A farm company must pay more than £100,000 after a teacher was killed by a stampeding cow which had broken free from its holding pen on the farm she was staying at with her family.

Marian Clode screamed and was thrown in the air like a ragdoll when the animal charged her, she was flipped over a fence where she lay dying, succumbing to her injuries two days later in hospital. The attack came as she walked along a path during a family holiday in Northumberland in 2016 with her young grandchildren, an inquest into her death heard.

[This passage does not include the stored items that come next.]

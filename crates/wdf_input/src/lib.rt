//! The whole input of a source, read to its end, and no further than one byte past the limit.
#![tactic(auto)]

mod input;

pub use input::{INPUT_LIMIT, InputError, read_whole, read_within};
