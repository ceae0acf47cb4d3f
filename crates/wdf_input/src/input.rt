//! Reading the whole input.
ghost use Rattle.std.specs.Prelude.{◌≡◌, ◌≢◌, ◌+◌, ◌≤◌, ◌<◌, ◌^◌, vec_len, vec_capacity, IfOk, OnOk, OnErr};
ghost use Rattle.std.specs.Io.KnownBytes.{Keeps};
ghost use Rattle.wdf_io.specs.Outside.{Rose};
ghost use Rattle.wdf_input.specs.Input.{UsesUp, TakesAll, ReadsInto, TakesCount, TakesAtMost};

use std::alloc::{AllocError, Global};
use wdf_io::Source;
use wdf_parse::TEXT_LIMIT;

/// The most bytes that an input may have: those of a scenario's text.
pub const INPUT_LIMIT: usize = TEXT_LIMIT;

/// The most bytes that one read asks for.
const PIECE: usize = 8192;

/// Why an input wasn't read to its end.
#[derive(Clone, Copy)]
pub enum InputError {
    /// A read failed.
    Fault,
    /// The input has more than `INPUT_LIMIT` bytes.
    TooLarge,
    /// No memory was left for the text.
    Memory,
}

impl From<AllocError> for InputError {
    ghost use Rattle.std.specs.Prelude.{◌≡◌};
    ghost use Rattle.wdf_input.specs.declared.input.InputError.TheVariants.{Memory};

    ghost from_gives = { λ _ e. e ≡ Memory };

    fn from(_error: AllocError) -> InputError {
        InputError::Memory
    }
}

/// Reads the source to its end, and never past byte `INPUT_LIMIT + 1`.
///
/// # Errors
///
/// `Fault` where a read failed, `TooLarge` where byte `INPUT_LIMIT + 1` was read, `Memory` where
/// memory for the text was refused.
pub fn read_whole<S: Source>(alloc: Global, source: &mut S) -> Result<Vec<u8>, InputError>
    ensures text { IfOk result (λ text. TakesAll (S.left source.old) (S.left source.new) text.items) }
    ensures small { IfOk result (λ text. vec_len text ≤ INPUT_LIMIT) }

    ensures too_large { result ≡ Err InputError.TooLarge → TakesCount (S.left source.old) (S.left source.new) (INPUT_LIMIT + 1) }
    ensures no_further { result ≢ Err InputError.TooLarge → TakesAtMost (S.left source.old) (S.left source.new) INPUT_LIMIT }

    ensures fault { result ≡ Err InputError.Fault → Rose (S.faults source.old) (S.faults source.new) }
    ensures quiet { result ≢ Err InputError.Fault → S.faults source.new ≡ S.faults source.old }
    ensures never_falls { S.faults source.old ≤ S.faults source.new }
{
    read_within(alloc, source, INPUT_LIMIT)
}

/// Reads the source to its end, where it has at most `limit` bytes, and never past the byte after these.
///
/// # Errors
///
/// `Fault` where a read failed, `TooLarge` where byte `limit + 1` was read, `Memory` where memory for the text was refused.
#[tactic(auto, using(crate::proofs::Taken::at_most_kept))]
pub fn read_within<S: Source>(
    alloc: Global,
    source: &mut S,
    limit: usize,
) -> Result<Vec<u8>, InputError>
    requires { limit < 2 ^ 32 }

    ensures text { IfOk result (λ text. TakesAll (S.left source.old) (S.left source.new) text.items) }
    ensures small { IfOk result (λ text. vec_len text ≤ limit) }

    ensures too_large { result ≡ Err InputError.TooLarge → TakesCount (S.left source.old) (S.left source.new) (limit + 1) }
    ensures no_further { result ≢ Err InputError.TooLarge → TakesAtMost (S.left source.old) (S.left source.new) limit }

    ensures fault { result ≡ Err InputError.Fault → Rose (S.faults source.old) (S.faults source.new) }
    ensures quiet { result ≢ Err InputError.Fault → S.faults source.new ≡ S.faults source.old }
    ensures never_falls { S.faults source.old ≤ S.faults source.new }
{
    let mut text = Vec::new(alloc);
    let mut piece = [0; PIECE];
    while text.len() <= limit {
        match read_piece(source, &mut piece, &mut text, limit) {
            Ok(0) => return Ok(text),
            Ok(_) => {}
            Err(error) => return Err(error),
        }
    }
    Err(InputError::TooLarge)
}

/// Reads once, after the text that is there, and answers how many bytes came: 0 at the end.
#[tactic(auto, using(wdf_io::proofs::Pieces::keeps_same))]
fn read_piece<S: Source>(
    source: &mut S,
    piece: &mut [u8; PIECE],
    text: &mut Vec<u8>,
    limit: usize,
) -> Result<usize, InputError>
    requires fits { limit < 2 ^ 32 }
    requires within { vec_len text.old ≤ limit }

    ensures bytes { OnOk result (ReadsInto (S.left source.old) (S.left source.new) text.old.items text.new.items) }
    ensures count { IfOk result (λ n. vec_len text.new ≡ vec_len text.old + n) }
    ensures within { vec_len text.new ≤ limit + 1 }
    ensures end { IfOk result (λ n. n ≡ 0 → UsesUp (S.left source.old) (S.left source.new)) }
    ensures untouched { OnErr result (Keeps (S.left source.old) (S.left source.new)) }
    ensures never_large { result ≢ Err InputError.TooLarge }

    ensures fault { result ≡ Err InputError.Fault → Rose (S.faults source.old) (S.faults source.new) }
    ensures quiet { result ≢ Err InputError.Fault → S.faults source.new ≡ S.faults source.old }
    ensures never_falls { S.faults source.old ≤ S.faults source.new }
{
    make_room(text)?;
    let most = PIECE.min(limit + 1 - text.len());
    match source.read(&mut piece[..most]) {
        Ok(count) => {
            text.extend_from_slice(&piece[..count]).unwrap();
            Ok(count)
        }
        Err(_) => Err(InputError::Fault),
    }
}

/// Makes room for one more piece, and for half as much again as there is, so that few bytes move twice.
fn make_room(text: &mut Vec<u8>) -> Result<(), AllocError>
    ensures items { text.new.items ≡ text.old.items }
    ensures room { OnOk result (vec_len text.new + PIECE ≤ vec_capacity text.new) }
{
    if text.capacity() - text.len() < PIECE {
        text.reserve_exact(text.len() / 2 + PIECE)?;
    }
    Ok(())
}
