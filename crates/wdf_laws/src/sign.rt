//! The plain types of the laws' words.
use wdf_base::Callback;

/// What is looked for in events. Requests, interrupts, devices and objects are named by their ids.
#[derive(Clone, Copy)]
pub enum Sign {
    /// A request arrives.
    Arrival(u32),
    /// A request is completed, by the driver or by the framework.
    Completion(u32),
    /// The driver takes a request from a queue.
    TakingFrom { request: u32, queue: u32 },
    /// The driver gives a request up, or the framework completes it.
    GivingUp(u32),
    /// A request enters a queue at its head.
    AtHead(u32),
    /// A request enters a queue, at its head or at its tail.
    Entry(u32),
    /// A request is acknowledged and kept while its device loses power.
    Acknowledgement(u32),
    /// The cancel of a request is posted.
    CancelPosted(u32),
    /// The cancel callback of a request begins.
    CancelBegins(u32),
    /// A request is marked cancelable.
    Marked(u32),
    /// A mark is undone: the request is unmarked, given up or sent.
    MarkUndone(u32),
    /// An interrupt is put on the list of enabled ones.
    Enabled(u32),
    /// An interrupt is taken off that list.
    Disabled(u32),
    /// The power-managed queues of a device go up.
    QueuesUp(u32),
    /// The power-managed queues of a device go down.
    QueuesDown(u32),
    /// A device is entered: its EvtDeviceD0Entry ends with SUCCESS.
    Entered(u32),
    /// A device isn't entered: its EvtDeviceD0Entry ends otherwise, or its EvtDeviceD0Exit begins.
    NotEntered(u32),
    /// The EvtDeviceD0Exit of a device begins.
    ExitBegins(u32),
    /// The cleanup of an object.
    Cleaned(u32),
    /// The end of an object.
    Destroyed(u32),
    /// The driver takes a reference to an object.
    Referenced(u32),
    /// The driver gives a reference to an object back.
    Dereferenced(u32),
}

/// A request that the driver takes from a queue.
#[derive(Clone, Copy)]
pub struct Taking {
    pub request: u32,
    pub queue: u32,
}

/// What an event says of an object: its parent, 0 for none, and the class that it was made from.
#[derive(Clone, Copy)]
pub struct Told {
    pub object: u32,
    pub parent: u32,
    pub class: Option<u16>,
}

/// A frame on a processor's stack.
#[derive(Clone, Copy)]
pub struct Stacked {
    pub cpu: u8,
    pub frame: u64,
}

/// A callback that has begun and not ended: its frame has the number of the event that began it.
#[derive(Clone, Copy)]
pub struct Begun {
    pub frame: u64,
    pub callback: Callback,
    pub object: u32,
}

/// What holds now, and what held when a sign came last.
#[derive(Clone, Copy)]
pub struct Moment {
    pub current: bool,
    pub at: bool,
}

Today, JM Nixon partnership, which runs the farm was fined £72,500 and was ordered to also pay £34,700 costs, plus a victim surcharge of several hundred pounds. Tom Gent, for the farm business, said assets would have to be sold to make the payment and the judge granted the firm 12 months to pay.

Farm company whose stampeding cow killed teacher ordered to pay £100k qhiqqhiqixeinvMarian Clode was killed by a cow on holiday (Collect Unknown)

The 61-year-old primary school teacher, from Greater Manchester, had been staying at a holiday cottage at Swinhoe Farm, near Belford with her family. On April 3, 2016 they walked to St Cuthbert’s Cave - a route they had done “many times”, Newcastle Coroners' Court previously heard. The 61-year-old had been walking along a public bridleway with her husband, Christopher, daughter Lucy, son-in-law Kevin and two grandchildren, aged seven and eight when about 15 cows and their calves surged from a holding pen.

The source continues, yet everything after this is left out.